In den letzten Jahren hat die Fusions- und Übernahmepraxis (M&A) in Deutschland und der EU eine Phase erhöhter Aufmerksamkeit seitens der Wettbewerbsbehörden erlebt. Traditionell lag der Schwerpunkt auf der Pflicht zur vorherigen Anmeldung und Genehmigung durch die Kartellbehörden, um eine rechtskonforme Transaktion zu gewährleisten. Das aktuelle Towercast-Urteil des Europäischen Gerichtshofs hat jedoch deutlich gemacht, dass auch nach Vollzug einer Transaktion Risiken bestehen bleiben können, wenn sie geeignet ist, den Wettbewerb erheblich zu beschränken.

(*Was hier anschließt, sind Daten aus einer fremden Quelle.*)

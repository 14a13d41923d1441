//! The lines of a script, and what each says.

ghost use Rattle.std.specs.Prelude.{◌≡◌, ◌+◌, ◌<◌, ◌≤◌, [], ◌∷◌, length, not, MatchOption};
ghost use Rattle.std.specs.List.{prefix_len};
ghost use Rattle.job_inputs.specs.Lines.{is_space_or_tab, lines_of, words_of, without_return, word_said, line_said};
ghost use Rattle.job_inputs.specs.Reads.{IsLineSaid};

use crate::cutting::first_piece;

/// What a line says.
#[derive(Drop)]
pub(crate) enum Line<'a> {
    /// Nothing.
    Skipped,
    /// That the label is fired.
    Fires(&'a [u8]),
    /// That the last step is taken back.
    GoesBack,
    /// That all values are shown.
    Shows,
    /// That the ways that can fire are listed.
    ListsEnabled,
    /// No command.
    NoCommand,
}

/// Whether a byte is a space or a tab.
pub(crate) fn is_space_or_tab(byte: u8) -> bool
    ensures { result ≡ is_space_or_tab byte }
{
    byte == b' ' || byte == b'\t'
}

/// How many blanks stand at the front.
pub(crate) fn blanks_len(bytes: &[u8]) -> usize
    ensures value { result ≡ prefix_len is_space_or_tab bytes.now }
    ensures within { result ≤ length bytes.now }
{
    let mut n = 0;
    while n < bytes.len() && is_space_or_tab(bytes[n]) {
        n += 1;
    }
    n
}

// How many bytes stand before the first blank.
fn word_len(bytes: &[u8]) -> usize
    ensures value { result ≡ prefix_len (λ b. not (is_space_or_tab b)) bytes.now }
    ensures within { result ≤ length bytes.now }
{
    let mut n = 0;
    while n < bytes.len() && !is_space_or_tab(bytes[n]) {
        n += 1;
    }
    n
}

/// The first line, and the bytes behind its line feed, if it has one.
pub(crate) fn first_line(bytes: &[u8]) -> (&[u8], Option<&[u8]>)
    ensures { MatchOption result.1 (lines_of bytes.now ≡ result.0.now ∷ [])
        (λ rest. (lines_of bytes.now ≡ result.0.now ∷ lines_of rest.now)
        × (length rest.now < length bytes.now)) }
{
    first_piece(bytes, b'\n')
}

/// The line without a carriage return at its end.
pub(crate) fn without_return(line: &[u8]) -> &[u8]
    ensures { result.now ≡ without_return line.now }
{
    if let Some((last, rest)) = line.split_last() {
        if *last == b'\r' {
            return rest;
        }
    }
    line
}

// The first word of a line, which is empty where there is none, and what stands behind it.
fn first_word(line: &[u8]) -> (&[u8], &[u8])
    ensures none { length result.0.now ≡ 0 → words_of line.now ≡ [] }
    ensures some { 0 < length result.0.now
        → words_of line.now ≡ result.0.now ∷ words_of result.1.now }
{
    let blanks = blanks_len(line);
    let rest = &line[blanks..];
    let len = word_len(rest);
    (&rest[..len], &rest[len..])
}

/// What a line says.
pub(crate) fn line_of(line: &[u8]) -> Line<'_>
    ensures { IsLineSaid result (line_said line.now) }
{
    let (command, rest) = first_word(without_return(line));
    if command.is_empty() {
        return Line::Skipped;
    }
    if command.starts_with(b"//") {
        return Line::Skipped;
    }
    let (label, rest) = first_word(rest);
    if label.is_empty() {
        return word_of(command);
    }
    let (more, _) = first_word(rest);
    if !more.is_empty() {
        return Line::NoCommand;
    }
    if command == b"fire".as_slice() {
        Line::Fires(label)
    } else {
        Line::NoCommand
    }
}

// What a line of one word says.
fn word_of(word: &[u8]) -> Line<'_>
    ensures { IsLineSaid result (word_said word.now) }
{
    if word == b"back".as_slice() {
        Line::GoesBack
    } else if word == b"show".as_slice() {
        Line::Shows
    } else if word == b"enabled".as_slice() {
        Line::ListsEnabled
    } else {
        Line::NoCommand
    }
}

Im Kern bestätigt das Towercast-Urteil, dass nationale Wettbewerbsbehörden Fusionen und Übernahmen auch dann nachträglich prüfen dürfen, wenn diese nicht unter die Anmeldepflicht nach der EU-Fusionskontrollverordnung oder nach nationalem Recht fallen. Grundlage ist das Verbot des Missbrauchs einer marktbeherrschenden Stellung gemäß Artikel 102 AEUV. Diese Rechtsprechung erweitert somit den Kontrollrahmen über die klassischen Umsatzschwellen hinaus.
Für die Praxis bedeutet dies, dass Unternehmen ihre Transaktionen nicht nur anhand der formalen Schwellenwerte prüfen sollten. Vielmehr ist eine tiefere Analyse erforderlich, ob durch die Übernahme eine marktbeherrschende Stellung geschaffen oder verstärkt wird. Selbst abgeschlossene Transaktionen können im Nachhinein aufgehoben oder mit Auflagen versehen werden, was zu erheblichen finanziellen und rechtlichen Unsicherheiten führt.
Daher wird empfohlen, potenzielle Wettbewerbsrisiken frühzeitig zu identifizieren, um spätere Eingriffe der Behörden zu vermeiden. Vertragswerke sollten entsprechende Klauseln enthalten, die mögliche aufsichtsrechtliche Folgen regeln und Haftungsfragen klären. Das Towercast-Urteil zeigt deutlich, dass die Fusionskontrolle in Deutschland und Europa dynamischer wird und dass eine sorgfältige wettbewerbsrechtliche Begleitung heute unverzichtbar ist, um Investitionen und Transaktionen nachhaltig abzusichern.